• _PROBLEM TO SOLVE_
Look at the entries below and restate word for word the lines from the first through the one that has "a long one.".

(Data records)
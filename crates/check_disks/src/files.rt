//! Shelves and sinks in memory, the two calls over them, pages, and faults in mid-stream.

use crate::telling::equal;
use hg_io::{Failed, FileAnswer, Gate, NoGate, Page, ShelfMem, SinkMem, read_file, write_all};
use hg_model::Memory;
use std::alloc::Global;
use std::test::Fail;

// As many bytes as two whole pieces of a read and some more.
const LONG: usize = 20_000;

/// A shelf of two files, each with its name, whose calls with these numbers fail.
pub(crate) fn shelf_of(
    alloc: Global,
    first: (&str, &[u8]),
    second: (&str, &[u8]),
    fails: Vec<u64>,
) -> Result<ShelfMem, Memory> {
    let mut files = Vec::new(alloc);
    for (name, bytes) in [first, second] {
        files.push((
            String::from_str(alloc, name)?,
            Vec::from_slice(alloc, bytes)?,
        ))?;
    }
    ShelfMem::new(alloc, files, fails)
}

/// A sink with room for all that a test writes to it, of which no call fails.
pub(crate) fn ample(alloc: Global) -> Result<SinkMem, Memory> {
    SinkMem::new(alloc, 65_536, 65_536, Vec::new(alloc))
}

/// A short file and a long one.
fn shelf(alloc: Global, fails: Vec<u64>) -> Result<ShelfMem, Memory> {
    let long = vec![in alloc; 7; LONG]?;
    shelf_of(
        alloc,
        ("members", b"two members"),
        ("script", long.as_slice()),
        fails,
    )
}

fn is_bytes(answer: &FileAnswer, bytes: &[u8]) -> bool {
    match answer {
        FileAnswer::Bytes(read) => read.as_slice() == bytes,
        _ => false,
    }
}

#[test]
fn reads_one_file_after_the_other(rt: HostRuntime) -> Result<(), Fail> {
    let alloc = rt.alloc();
    let long = vec![in alloc; 7; LONG]?;
    let mut files = shelf(alloc, Vec::new(alloc))?;
    let script = read_file(alloc, &mut files, "script", LONG)?;
    assert!(rt; is_bytes(&script, long.as_slice()));
    let members = read_file(alloc, &mut files, "members", usize::MAX)?;
    assert!(rt; is_bytes(&members, b"two members"));
    Ok(())
}

/// Whether the file is longer than this limit, as reading tells.
fn is_over(alloc: Global, files: &mut ShelfMem, name: &str, limit: usize) -> Result<bool, Memory> {
    let answer = read_file(alloc, files, name, limit)?;
    Ok(matches!(answer, FileAnswer::TooLong(most) if most == limit))
}

#[test]
fn keeps_the_limit(rt: HostRuntime) -> Result<(), Fail> {
    let alloc = rt.alloc();
    let mut files = shelf(alloc, Vec::new(alloc))?;
    equal(&rt, 0, is_over(alloc, &mut files, "members", 10)?, true);
    equal(
        &rt,
        1,
        is_over(alloc, &mut files, "script", LONG - 1)?,
        true,
    );
    equal(&rt, 2, is_over(alloc, &mut files, "script", 8192)?, true);
    equal(&rt, 3, is_over(alloc, &mut files, "script", 0)?, true);
    let exact = read_file(alloc, &mut files, "members", 11)?;
    assert!(rt; is_bytes(&exact, b"two members"));
    Ok(())
}

#[test]
fn a_missing_name_fails(rt: HostRuntime) -> Result<(), Fail> {
    let alloc = rt.alloc();
    let mut files = shelf(alloc, Vec::new(alloc))?;
    let answer = read_file(alloc, &mut files, "member", 100)?;
    assert!(rt; matches!(answer, FileAnswer::Failed));
    let members = read_file(alloc, &mut files, "members", 100)?;
    assert!(rt; is_bytes(&members, b"two members"));
    Ok(())
}

/// Which of two reads of the script fail where this call of the shelf does.
fn failing_reads(alloc: Global, call: u64) -> Result<[bool; 2], Memory> {
    let mut files = shelf(alloc, vec![in alloc; call]?)?;
    let first = read_file(alloc, &mut files, "script", LONG)?;
    let again = read_file(alloc, &mut files, "script", LONG)?;
    Ok([
        matches!(first, FileAnswer::Failed),
        matches!(again, FileAnswer::Failed),
    ])
}

// A start, three reads with bytes and one at the end: each fails in turn, and then none.
#[test]
fn each_call_fails_in_turn(rt: HostRuntime) -> Result<(), Fail> {
    for call in 0..6 {
        let fails = failing_reads(rt.alloc(), call as u64)?;
        equal(&rt, call, fails, [call < 5, call == 5]);
    }
    Ok(())
}

/// Whether the write of a text fails where this call of the sink does, which takes one byte a call, with the bytes before it
/// written.
fn is_cut_at(alloc: Global, text: &[u8], call: usize) -> Result<bool, Memory> {
    let mut sink = SinkMem::new(alloc, 100, 1, vec![in alloc; call as u64]?)?;
    let answer = write_all(&mut sink, text);
    let written = sink.bytes();
    Ok(answer == Err(Failed) && written.len() == call && text.starts_with(written))
}

// A sink that takes one byte a call fails at each call in turn.
#[test]
fn each_write_fails_in_turn(rt: HostRuntime) -> Result<(), Fail> {
    let text = b"node A events 0".as_slice();
    for call in 0..text.len() {
        equal(&rt, call, is_cut_at(rt.alloc(), text, call)?, true);
    }
    Ok(())
}

#[test]
fn writes_all_that_has_room(rt: HostRuntime) -> Result<(), Fail> {
    let alloc = rt.alloc();
    let mut sink = SinkMem::new(alloc, 8, 3, Vec::new(alloc))?;
    equal(&rt, 0, write_all(&mut sink, b"events"), Ok(()));
    equal(&rt, 1, write_all(&mut sink, b" 17"), Err(Failed));
    equal(&rt, 2, write_all(&mut sink, b""), Ok(()));
    assert!(rt; sink.bytes() == b"events 1".as_slice());
    NoGate.reach(1000);
    Ok(())
}

// 40 pieces of 250 bytes, and one that is longer than a page.
fn put_pieces(page: &mut Page, sink: &mut SinkMem, long: &[u8]) -> Result<(), Failed> {
    for number in 0..40 {
        page.put(sink, &[number; 250])?;
    }
    page.put(sink, long)?;
    page.put(sink, b"the end")?;
    page.send(sink)
}

/// The pieces one behind the other.
fn joined(alloc: Global, long: &[u8]) -> Result<Vec<u8>, Memory> {
    let mut bytes = Vec::new(alloc);
    for number in 0..40 {
        bytes.extend_from_slice(&[number; 250])?;
    }
    bytes.extend_from_slice(long)?;
    bytes.extend_from_slice(b"the end")?;
    Ok(bytes)
}

/// Whether the pieces fail where this call of the sink does, which takes 1,000 bytes a call, with a proper front of them
/// written.
fn is_front_at(alloc: Global, call: u64, long: &[u8], want: &[u8]) -> Result<bool, Memory> {
    let mut page = Page::new();
    let mut sink = SinkMem::new(alloc, 20_000, 1000, vec![in alloc; call]?)?;
    let answer = put_pieces(&mut page, &mut sink, long);
    let written = sink.bytes();
    Ok(answer == Err(Failed) && written.len() < want.len() && want.starts_with(written))
}

#[test]
fn a_page_goes_out_in_order(rt: HostRuntime) -> Result<(), Fail> {
    let alloc = rt.alloc();
    let long = vec![in alloc; 77; 5000]?;
    let want = joined(alloc, long.as_slice())?;
    let mut page = Page::new();
    let mut sink = ample(alloc)?;
    let answer = put_pieces(&mut page, &mut sink, long.as_slice());
    equal(&rt, 0, answer, Ok(()));
    assert!(rt; sink.bytes() == want.as_slice());
    Ok(())
}

// Pages of 4,000, 4,000 and 2,000 bytes, the long piece and the last page go out in 16 calls of at most 1,000 bytes.
#[test]
fn a_page_goes_out_up_to_a_fault(rt: HostRuntime) -> Result<(), Fail> {
    let alloc = rt.alloc();
    let long = vec![in alloc; 77; 5000]?;
    let want = joined(alloc, long.as_slice())?;
    for call in 0..16 {
        let is_front = is_front_at(alloc, call as u64, long.as_slice(), want.as_slice())?;
        equal(&rt, call, is_front, true);
    }
    Ok(())
}

// What a page held at a fault is not written by a later call.
#[test]
fn a_page_is_empty_after_a_fault(rt: HostRuntime) -> Result<(), Fail> {
    let alloc = rt.alloc();
    let mut page = Page::new();
    let mut sink = SinkMem::new(alloc, 100, 4, vec![in alloc; 1]?)?;
    equal(&rt, 0, page.put(&mut sink, b"node A events 0"), Ok(()));
    equal(&rt, 1, page.send(&mut sink), Err(Failed));
    equal(&rt, 2, page.send(&mut sink), Ok(()));
    assert!(rt; sink.bytes() == b"node".as_slice());
    Ok(())
}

• _YOUR SOLUTION_
filename crates/check_disks/src/files.rt
//! Shelves and sinks in memory, the two calls over them, pages, and faults in mid-stream.

use crate::telling::equal;
use hg_io::{Failed, FileAnswer, Gate, NoGate, Page, ShelfMem, SinkMem, read_file, write_all};
use hg_model::Memory;
use std::alloc::Global;
use std::test::Fail;

// As many bytes as two whole pieces of a read and some more.
const LONG: usize = 20_000;

/// A shelf of two files, each with its name, whose calls with these numbers fail.
pub(crate) fn shelf_of(
    alloc: Global,
    first: (&str, &[u8]),
    second: (&str, &[u8]),
    fails: Vec<u64>,
) -> Result<ShelfMem, Memory> {
    let mut files = Vec::new(alloc);
    for (name, bytes) in [first, second] {
        files.push((
            String::from_str(alloc, name)?,
            Vec::from_slice(alloc, bytes)?,
        ))?;
    }
    ShelfMem::new(alloc, files, fails)
}

/// A sink with room for all that a test writes to it, of which no call fails.
pub(crate) fn ample(alloc: Global) -> Result<SinkMem, Memory> {
    SinkMem::new(alloc, 65_536, 65_536, Vec::new(alloc))
}

/// A short file and a long one.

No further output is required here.